Wednesday, April 3, 2024

Song, Go and Catch a Falling Star by John Donne || Summary, Stanza wise Analysis, Metaphysical Poetry

 


INTRODUCTION:

John Donne (1572-1631) the father or pioneer of Metaphysical poetry in English literature has written two types of poems in his life time – Love poems and Devotional Poems. ‘Song’ or ‘Go and Catch a Falling Star’ (1633) is a poem written on the theme of WOMEN’S INFIDELITY/UNFAITHFULNESS’. Here, the poet tells that there are no women in the world who are both beautiful and faithful.

STANZAWISE EXPLANATION:

In the first stanza, the poet asks the reader to do several impossible tasks like to catch a falling star, to get a mandrake root (Biblical reference), to tell where the time has gone by, to tell who divided the devil’s foot into two parts, to teach him to listen to the mermaid’s singing, to avoid jealousy and to tell which wind advances an honest mind.

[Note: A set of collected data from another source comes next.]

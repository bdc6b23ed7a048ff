// Whether the call of a site may be inlined.

ghost use Rattle.std.specs.Prelude.{◌≡◌, ◌↔◌, ◌<◌, ℕ, true, false, IfOk, IsTrue, length};
ghost use Rattle.vx_flow.specs.Rows.{lives};
ghost use Rattle.vx_flow.specs.Sound.{SoundFlow};
ghost use Rattle.vx_inline.specs.Finding.{seen};
ghost use Rattle.vx_inline.specs.Inlined.{Permitted, Reaches};
ghost use Rattle.vx_inline.specs.Permitting.{Entered, HasEnough, MayInline, StandsApart};

use crate::called::reached;
use crate::fitting::fits;
use crate::found_call::{FoundCall, find};
use crate::free_values::has_values;
use crate::site::Site;
use std::alloc::Global;
use vx_base::outcome::NoMemory;
use vx_base::sizes::number_of;
use vx_flow::graph::Flow;
use vx_flow::live;
use vx_flow::live_rows::Live;

/// Whether the call of a site of a sound flow may be inlined: the caller is on no cycle of calls, and no function on one reaches
/// it; the callee has no call, and no array but globals; of each bank as many values of the caller are free behind the call as
/// the callee names; and blocks stay within 512 operations.
#[tactic(auto, using(crate::proofs::Candidates::permitted_not))]
pub fn permitted(alloc: Global, flow: &Flow, site: &Site) -> Result<bool, NoMemory>
    requires sound { SoundFlow flow.now }
    ensures exact { IfOk result (λ may. IsTrue may ↔ Permitted flow.now site.now) }
{
    match find(flow, site) {
        Some(found) => may_inline(alloc, flow, site.function, &found),
        None => Ok(false),
    }
}

#[tactic(auto, using(crate::proofs::Candidates::not_fitting, crate::proofs::Candidates::not_apart_may, crate::proofs::Candidates::all_may))]
fn may_inline(
    alloc: Global,
    flow: &Flow,
    function: u32,
    found: &FoundCall,
) -> Result<bool, NoMemory>
    ensures { IfOk result (λ may. IsTrue may ↔ MayInline flow.now function (seen found.now)) }
{
    if !fits(found) {
        return Ok(false);
    }
    if !stands_apart(alloc, flow, function)? {
        return Ok(false);
    }
    has_enough(alloc, found)
}

/// Whether a function is on no cycle of calls, and no function on one reaches it.
fn stands_apart(alloc: Global, flow: &Flow, function: u32) -> Result<bool, NoMemory>
    ensures { IfOk result (λ apart. IsTrue apart ↔ StandsApart flow.now function) }
{
    let count = number_of(flow.functions.len())?;
    let reached = reached(alloc, flow)?;
    Ok(stands_by(flow, &reached, count, function))
}

/// The same by what each function reaches.
pub(crate) fn stands_by(flow: &Flow, reached: &Live, count: u32, function: u32) -> bool
    requires reached { (f g : ℕ) → IsTrue (lives reached.now f g) ↔ Reaches flow.now f g }
    requires count { count ≡ length flow.now.functions }
    ensures { IsTrue result ↔ StandsApart flow.now function }
{
    let _flow = flow;
    is_apart(reached, count, function)
}

#[tactic(auto, using(crate::proofs::Candidates::none_entered, crate::proofs::Candidates::one_entered, crate::proofs::Candidates::none_next))]
fn is_apart(reached: &Live, count: u32, function: u32) -> bool
    ensures alone { result ≡ true → lives reached.now function function ≡ false }
    ensures apart { result ≡ true → Entered reached.now count function → ⊥ }
    ensures either { result ≡ false → lives reached.now function function ≡ false → Entered reached.now count function }
{
    if reached.at(function, function) {
        return false;
    }
    for other in 0..count {
        if reached.at(other, other) && reached.at(other, function) {
            return false;
        }
    }
    true
}

/// Whether of each bank as many values of the caller are free as the callee names.
pub(crate) fn has_enough(alloc: Global, found: &FoundCall) -> Result<bool, NoMemory>
    ensures { IfOk result (λ has. IsTrue has ↔ HasEnough (seen found.now)) }
{
    let live = live(alloc, found.caller)?;
    has_values(alloc, &live, found, false)
}
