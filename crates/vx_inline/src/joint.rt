// What comes into the graph of a caller, and where its own blocks stand then.

ghost use Rattle.std.specs.Prelude.{◌≡◌, IfOk};
ghost use Rattle.vx_inline.specs.Finding.{seen};
ghost use Rattle.vx_inline.specs.Inlined.{all_plain, callers_plain};
ghost use Rattle.vx_inline.specs.Splicing.{IsJoint};
ghost use Rattle.vx_inline.specs.Taking.{value_at};

use crate::found_call::FoundCall;
use crate::places::{Places, kinds, place_of, places_of, plain_count};
use crate::splice::{Splice, added, moves_of};
use std::alloc::Global;
use vx_base::listed::Listed;
use vx_base::outcome::NoMemory;
use vx_base::sizes::sum;
use vx_flow::graph::{Block, BlockId, Op, Value};

/// What comes into a caller.
#[derive(Drop)]
pub struct Joint {
    /// Where each of its blocks stands.
    pub at: Places,
    /// The moves of the arguments.
    pub moves: Listed<Op>,
    /// The copy of the callee's entry.
    pub first: BlockId,
    /// What stands behind its blocks: the copies of the callee's, and trap blocks.
    pub more: Listed<Block>,
    /// How many blocks are no trap blocks; behind them stand the blocks of edges.
    pub all: u32,
}

/// What comes into the caller of a call, where the values of the callee take those of a table.
pub(crate) fn joint_of(alloc: Global, found: &FoundCall, to: &[Value]) -> Result<Joint, NoMemory>
    ensures { IfOk result (λ joint. IsJoint (seen found.now) (value_at to.now) joint) }
{
    let callers = plain_count(found.caller.blocks.as_slice())?;
    let all = sum(callers, plain_count(found.callee.blocks.as_slice())?)?;
    joint_with(alloc, found, to, callers, all)
}

#[tactic(auto, using(crate::proofs::Joints::is_joint))]
fn joint_with(
    alloc: Global,
    found: &FoundCall,
    to: &[Value],
    callers: u32,
    all: u32,
) -> Result<Joint, NoMemory>
    requires callers { callers ≡ callers_plain (seen found.now) }
    requires all { all ≡ all_plain (seen found.now) }
    ensures { IfOk result (λ joint. IsJoint (seen found.now) (value_at to.now) joint) }
{
    let caller = found.caller.blocks.as_slice();
    let callee = found.callee.blocks.as_slice();
    let kinds = kinds(alloc, caller, callee)?;
    let at = places_of(alloc, 0, all, kinds.as_slice(), caller)?;
    let copy = places_of(alloc, callers, all, kinds.as_slice(), callee)?;
    let first = place_of(&copy, 0);
    let moves = moves_of(alloc, found, to)?;
    let splice = Splice {
        call: found,
        at: &at,
        copy: &copy,
        kinds: kinds.as_slice(),
        to,
    };
    let more = added(alloc, &splice)?;
    Ok(Joint {
        at,
        moves,
        first,
        more,
        all,
    })
}
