// The call of a site, found in the flow.

ghost use Rattle.std.specs.Prelude.{◌≡◌, slice_get};
ghost use Rattle.std.specs.Option.{option_map};
ghost use Rattle.vx_inline.specs.Finding.{block_in, call_in, exit_in, seen};

use crate::site::Site;
use vx_base::listed::Listed;
use vx_flow::graph::{Block, BlockId, Exit, Flow, Graph, Operand, Value};

/// A block that calls, its call, and the graphs of the caller and of the callee.
#[derive(Clone, Copy)]
pub struct FoundCall<'a> {
    pub caller: &'a Graph,
    pub block: &'a Block,
    pub called: u32,
    pub arguments: &'a Listed<Operand>,
    pub result: Option<Value>,
    pub next: BlockId,
    pub callee: &'a Graph,
}

/// The call of a site; none where no block that calls a function of the flow stands there.
pub(crate) fn find<'a>(flow: &'a Flow, site: &Site) -> Option<FoundCall<'a>>
    ensures { option_map seen result ≡ call_in flow.now site.now }
{
    match flow.functions.as_slice().get(site.function as usize) {
        Some(caller) => find_in(flow, caller, site.block),
        None => None,
    }
}

/// The call of a block of a graph.
fn find_in<'a>(flow: &'a Flow, caller: &'a Graph, block: BlockId) -> Option<FoundCall<'a>>
    ensures { option_map seen result ≡ block_in flow.now caller.now (slice_get caller.now.blocks block) }
{
    match caller.blocks.as_slice().get(block as usize) {
        Some(block) => find_at(flow, caller, block),
        None => None,
    }
}

/// The call by which a block of a graph ends.
pub(crate) fn find_at<'a>(
    flow: &'a Flow,
    caller: &'a Graph,
    block: &'a Block,
) -> Option<FoundCall<'a>>
    ensures { option_map seen result ≡ exit_in flow.now caller.now block.now block.now.exit }
{
    match &block.exit {
        Exit::Call {
            function,
            arguments,
            result,
            next,
        } => match flow.functions.as_slice().get(*function as usize) {
            Some(callee) => Some(FoundCall {
                caller,
                block,
                called: *function,
                arguments,
                result: *result,
                next: *next,
                callee,
            }),
            None => None,
        },
        Exit::Goto(_) | Exit::Split { .. } | Exit::Return(_) | Exit::Ends(_) => None,
    }
}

All these jobs are impossible for a common man.

Go and catch a falling star,

Get with child a mandrake root,

Tell me where all past years are,

Or who cleft the devil's foot,

Teach me to hear mermaids singing,

Or to keep off envy's stinging,

And find

What wind

Serves to advance an honest mind.

 

SECOND STANZA:

Here, the poet asks us to use our best power of seeing and asks us to travel for ten thousand days and nights and travel until we grow old. The poet says that when we return, we will swear that nowhere lives a woman who is both fair and faithful.

If thou be'st born to strange sights,

Things invisible to see,

Ride ten thousand days and nights,

Till age snow white hairs on thee,

Thou, when thou return'st, wilt tell me,

All strange wonders that befell thee,

And swear,

No where

Lives a woman true, and fair.

 

THIRD STANZA:

Here, the poet says that if at all if we met a woman who is both fair and faithful, now when you write a letter to her, she might have cheated at least one or two or three men.

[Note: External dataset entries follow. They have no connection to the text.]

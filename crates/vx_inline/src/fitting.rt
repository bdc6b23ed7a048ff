// What is asked of a call by itself.

ghost use Rattle.std.specs.Prelude.{◌≡◌, ◌≤◌, length};
ghost use Rattle.vx_flow.specs.Operands.{value_list};
ghost use Rattle.vx_inline.specs.Finding.{seen};
ghost use Rattle.vx_inline.specs.Fitting.{are_global, are_left_short, calls_nothing, fits, has_few, is_base_made, is_calling, is_entered_short, is_left_short, make_no_bases, makes_no_base};

use crate::found_call::FoundCall;
use vx_flow::graph::{Array, Block, Exit, Op, Value};
use vx_shape::shape_test::MOST_OPS;

/// Whether the callee has no call, makes no base and has no array but globals, and the blocks stay short.
pub(crate) fn fits(found: &FoundCall) -> bool
    ensures { result ≡ fits (seen found.now) }
{
    calls_nothing(found.callee.blocks.as_slice())
        && are_global(found.callee.arrays.as_slice())
        && is_entered_short(found)
        && are_left_short(found.callee.blocks.as_slice(), found.result)
        && make_no_bases(found.callee.blocks.as_slice())
}

/// Whether no block ends by a call.
pub(crate) fn calls_nothing(blocks: &[Block]) -> bool
    ensures { result ≡ calls_nothing blocks.now }
{
    for block in blocks {
        if is_calling(block) {
            return false;
        }
    }
    true
}

pub(crate) fn is_calling(block: &Block) -> bool
    ensures { result ≡ is_calling block.now }
{
    match &block.exit {
        Exit::Call { .. } => true,
        Exit::Goto(_) | Exit::Split { .. } | Exit::Return(_) | Exit::Ends(_) => false,
    }
}

/// Whether all arrays are globals.
pub(crate) fn are_global(arrays: &[Array]) -> bool
    ensures { result ≡ are_global arrays.now }
{
    for array in arrays {
        if !array.global {
            return false;
        }
    }
    true
}

/// Whether no block makes the base of an array.
fn make_no_bases(blocks: &[Block]) -> bool
    ensures { result ≡ make_no_bases blocks.now }
{
    for block in blocks {
        if !makes_no_base(block.ops.as_slice()) {
            return false;
        }
    }
    true
}

fn makes_no_base(ops: &[Op]) -> bool
    ensures { result ≡ makes_no_base ops.now }
{
    for op in ops {
        if is_base_made(op) {
            return false;
        }
    }
    true
}

fn is_base_made(op: &Op) -> bool
    ensures { result ≡ is_base_made op.now }
{
    match op {
        Op::Base { .. } => true,
        _ => false,
    }
}

/// Whether the block that calls is short with a move for each argument.
fn is_entered_short(found: &FoundCall) -> bool
    ensures { result ≡ is_entered_short (seen found.now) }
{
    found.block.ops.len() + found.arguments.len() <= MOST_OPS
}

/// Whether each block that returns is short with a move to what takes the result.
fn are_left_short(blocks: &[Block], taker: Option<Value>) -> bool
    ensures { result ≡ are_left_short taker blocks.now }
{
    for block in blocks {
        if !is_left_short(block, taker) {
            return false;
        }
    }
    true
}

fn is_left_short(block: &Block, taker: Option<Value>) -> bool
    ensures { result ≡ is_left_short taker block.now }
{
    match &block.exit {
        Exit::Return(_) => block.ops.len() + count_of(taker) <= MOST_OPS,
        Exit::Goto(_) | Exit::Split { .. } | Exit::Call { .. } | Exit::Ends(_) => true,
    }
}

fn count_of(taker: Option<Value>) -> usize
    ensures is { result ≡ length (value_list taker) }
    ensures few { result ≤ 1 }
{
    match taker {
        Some(_) => 1,
        None => 0,
    }
}

/// Whether blocks have at most so many operations together.
pub(crate) fn has_few(blocks: &[Block], most: u32) -> bool
    ensures { result ≡ has_few most blocks.now }
{
    let mut left = most as usize;
    for block in blocks {
        if block.ops.len() > left {
            return false;
        }
        left -= block.ops.len();
    }
    true
}
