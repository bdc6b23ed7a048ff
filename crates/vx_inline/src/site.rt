// Where a call stands.

use vx_flow::graph::BlockId;

/// A block that calls, or may call.
#[derive(Clone, Copy)]
pub struct Site {
    /// The number of its function.
    pub function: u32,
    /// Its number in the graph of that function.
    pub block: BlockId,
}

If thou find'st one, let me know,

Such a pilgrimage were sweet;

Yet do not, I would not go,

Though at next door we might meet;

Though she were true, when you met her,

And last, till you write your letter,

Yet she

Will be

False, ere I come, to two, or three.

 

THEME OF THE POEM:

Here, the poet has expressed his feelings about the women in general. According to the poet, all women are unfaithful or infidel. The poet believes that it is impossible to find out a woman in this world who is both beautiful as well as faithful.

FORM OF THE POEM:

The poem is written in three stanzas of nine lines each. All these stanzas have the rhyming pattern of ABAB CC DDD.

METER:

The predominant meter in ‘Go and catch a falling star’ is a forceful trochaic tetrameter. Trochee is a meter having two syllables, the first one strong and the second one weak.

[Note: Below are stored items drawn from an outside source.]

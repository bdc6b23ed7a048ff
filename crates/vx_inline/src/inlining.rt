// A flow with the call of a permitted site inlined.

ghost use Rattle.std.specs.Prelude.{◌≡◌, ◌↔◌, ℕ, true, List, IfOk, IsTrue};
ghost use Rattle.vx_ast.specs.Accepted.{is_accepted};
ghost use Rattle.vx_ast.specs.Tree.{Program};
ghost use Rattle.vx_flow.specs.Live.{IsLive};
ghost use Rattle.vx_flow.specs.Rows.{lives};
ghost use Rattle.vx_flow.specs.Sound.{SoundFlow};
ghost use Rattle.vx_lower.specs.FlowOf.{FlowOf};
ghost use Rattle.vx_inline.specs.Finding.{seen};
ghost use Rattle.vx_flow.specs.declared.graph.Bank.{Bank};
ghost use Rattle.vx_inline.specs.Inlined.{AreFree, Inlined, Permitted, named, taken};
ghost use Rattle.vx_inline.specs.Keeping.{IsSiteBare, KnowsSite};
ghost use Rattle.vx_inline.specs.Splicing.{AreWithJoint, IsJoint, IsJointAt, IsWithJoint, joined_graph};
ghost use Rattle.vx_inline.specs.Values.{is_bare, of_bank};

use crate::by_bank::{ByBank, named};
use crate::caller_blocks::with_joint;
use crate::found_call::{FoundCall, find};
use crate::free_values::free_values;
use crate::joint::{Joint, joint_of};
use crate::site::Site;
use crate::takes::takes;
use std::alloc::Global;
use std::mem::replace;
use vx_base::listed::Listed;
use vx_base::outcome::NoMemory;
use vx_flow::graph::{Flow, Graph};
use vx_flow::live;
use vx_flow::live_rows::Live;

/// The flow with the call of a permitted site inlined: what the callee names takes free values of the caller, its blocks stand
/// behind those of the caller, and what the flow is of it is still.
#[tactic(auto, using(crate::proofs::Programs::inlined_stays, crate::proofs::FlowSound::inlined_sound))]
pub fn inline_one(alloc: Global, flow: Flow, site: Site) -> Result<Flow, NoMemory>
    requires sound { SoundFlow flow }
    requires permitted { Permitted flow site }
    ensures inlined { IfOk result (λ new. Inlined flow site new) }
    ensures stays { IfOk result (λ new. (p : Program) → is_accepted p ≡ true → FlowOf p flow → FlowOf p new) }
    ensures sound { IfOk result (λ new. SoundFlow new) }
{
    with_call(alloc, flow, site)
}

fn with_call(alloc: Global, flow: Flow, site: Site) -> Result<Flow, NoMemory>
    requires permitted { Permitted flow site }
    ensures { IfOk result (λ new. Inlined flow site new) }
{
    let live = live_in(alloc, &flow, &site)?;
    with_live(alloc, flow, site, &live, false)
}

/// What is live at the blocks of the caller.
fn live_in(alloc: Global, flow: &Flow, site: &Site) -> Result<Live, NoMemory>
    ensures { IfOk result (λ live. KnowsSite flow.now site.now live) }
{
    match find(flow, site) {
        Some(found) => live(alloc, found.caller),
        None => Err(NoMemory),
    }
}

/// The flow with the call inlined, by what is live behind it.
#[tactic(auto, using(crate::proofs::Joints::is_inlined))]
pub(crate) fn with_live(
    alloc: Global,
    flow: Flow,
    site: Site,
    live: &Live,
    bare: bool,
) -> Result<Flow, NoMemory>
    requires permitted { Permitted flow site }
    requires live { KnowsSite flow site live.now }
    requires bare { IsSiteBare flow site bare }
    ensures inlined { IfOk result (λ new. Inlined flow site new) }
{
    let joint = joint_at(alloc, &flow, &site, live, bare)?;
    with_joint_at(alloc, flow, site, joint)
}

/// What comes into the caller.
fn joint_at(
    alloc: Global,
    flow: &Flow,
    site: &Site,
    live: &Live,
    bare: bool,
) -> Result<Joint, NoMemory>
    requires live { KnowsSite flow.now site.now live.now }
    requires bare { IsSiteBare flow.now site.now bare }
    ensures { IfOk result (λ joint. IsJointAt flow.now site.now joint) }
{
    match find(flow, site) {
        Some(found) => joint_for(alloc, &found, live, bare),
        None => Err(NoMemory),
    }
}

#[tactic(auto, using(crate::proofs::Joints::any_free))]
fn joint_for(alloc: Global, found: &FoundCall, live: &Live, bare: bool) -> Result<Joint, NoMemory>
    requires bare { bare ≡ true → is_bare found.now.caller.now.arrays found.now.caller.now.blocks ≡ true }
    requires behind { (v : ℕ) → IsTrue (lives live.now found.now.next v) ↔ IsLive found.now.caller.now found.now.next v }
    ensures { IfOk result (λ joint. (free : Bank → List ℕ) → ((bank : Bank) → AreFree (seen found.now) bank (free bank)) → IsJoint (seen found.now) (taken found.now.callee.now free) joint) }
{
    let named = named(alloc, found.callee)?;
    let free = free_values(alloc, live, found, &named, bare)?;
    joint_taking(alloc, found, &named, &free)
}

#[tactic(auto, using(crate::proofs::Tables::value_told, crate::proofs::Tables::named_rises))]
fn joint_taking(
    alloc: Global,
    found: &FoundCall,
    names: &ByBank,
    free: &ByBank,
) -> Result<Joint, NoMemory>
    requires names { (bank : Bank) → of_bank names.now bank ≡ named found.now.callee.now bank }
    ensures { IfOk result (λ joint. IsJoint (seen found.now) (taken found.now.callee.now (of_bank free.now)) joint) }
{
    let to = takes(alloc, found.callee.banks.as_slice(), names, free)?;
    joint_of(alloc, found, to.as_slice())
}

/// The flow with all that comes into the caller of a site.
fn with_joint_at(alloc: Global, flow: Flow, site: Site, joint: Joint) -> Result<Flow, NoMemory>
    ensures { IfOk result (λ new. IsWithJoint flow site joint new) }
{
    let Flow {
        functions,
        globals,
        texts,
        main,
    } = flow;
    let functions = replaced(alloc, functions, site, joint)?;
    Ok(Flow {
        functions,
        globals,
        texts,
        main,
    })
}

fn replaced(
    alloc: Global,
    functions: Listed<Graph>,
    site: Site,
    joint: Joint,
) -> Result<Listed<Graph>, NoMemory>
    ensures { IfOk result (λ new. AreWithJoint functions site joint new) }
{
    let mut graphs = functions.into_vec();
    replace_blocks(alloc, &mut graphs, site, joint)?;
    Ok(Listed::from_vec(graphs)?)
}

/// Puts the blocks with all that comes into the caller in place of its own.
#[tactic(auto, using(crate::proofs::Joints::with_joint_there))]
fn replace_blocks(
    alloc: Global,
    graphs: &mut Vec<Graph>,
    site: Site,
    joint: Joint,
) -> Result<(), NoMemory>
    ensures { IfOk result (λ _. AreWithJoint graphs.old.items site joint graphs.new.items) }
{
    match graphs.get_mut(site.function as usize) {
        Some(graph) => take_joint(alloc, graph, joint, site),
        None => Err(NoMemory),
    }
}

fn take_joint(alloc: Global, graph: &mut Graph, joint: Joint, site: Site) -> Result<(), NoMemory>
    ensures { IfOk result (λ _. graph.new ≡ joined_graph joint site graph.old) }
{
    let blocks = replace(&mut graph.blocks, Listed::new(alloc));
    graph.blocks = with_joint(alloc, blocks, joint, site.block)?;
    Ok(())
}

Go and catch a falling star,
Get 
with child a mandrake root

The seventh and eighth lines of all three stanzas are iambic monometer. Iamb is a meter having two syllables, the first one is weak and the second one is strong.

And find
What wind

IMAGES AND ALLUSIONS:

The poet has created some visual images or pictures like “catching a falling star”, “growing older with white hair” and so on.

Moreover, there are references to the Bible and some mythological stories of mandrake root too.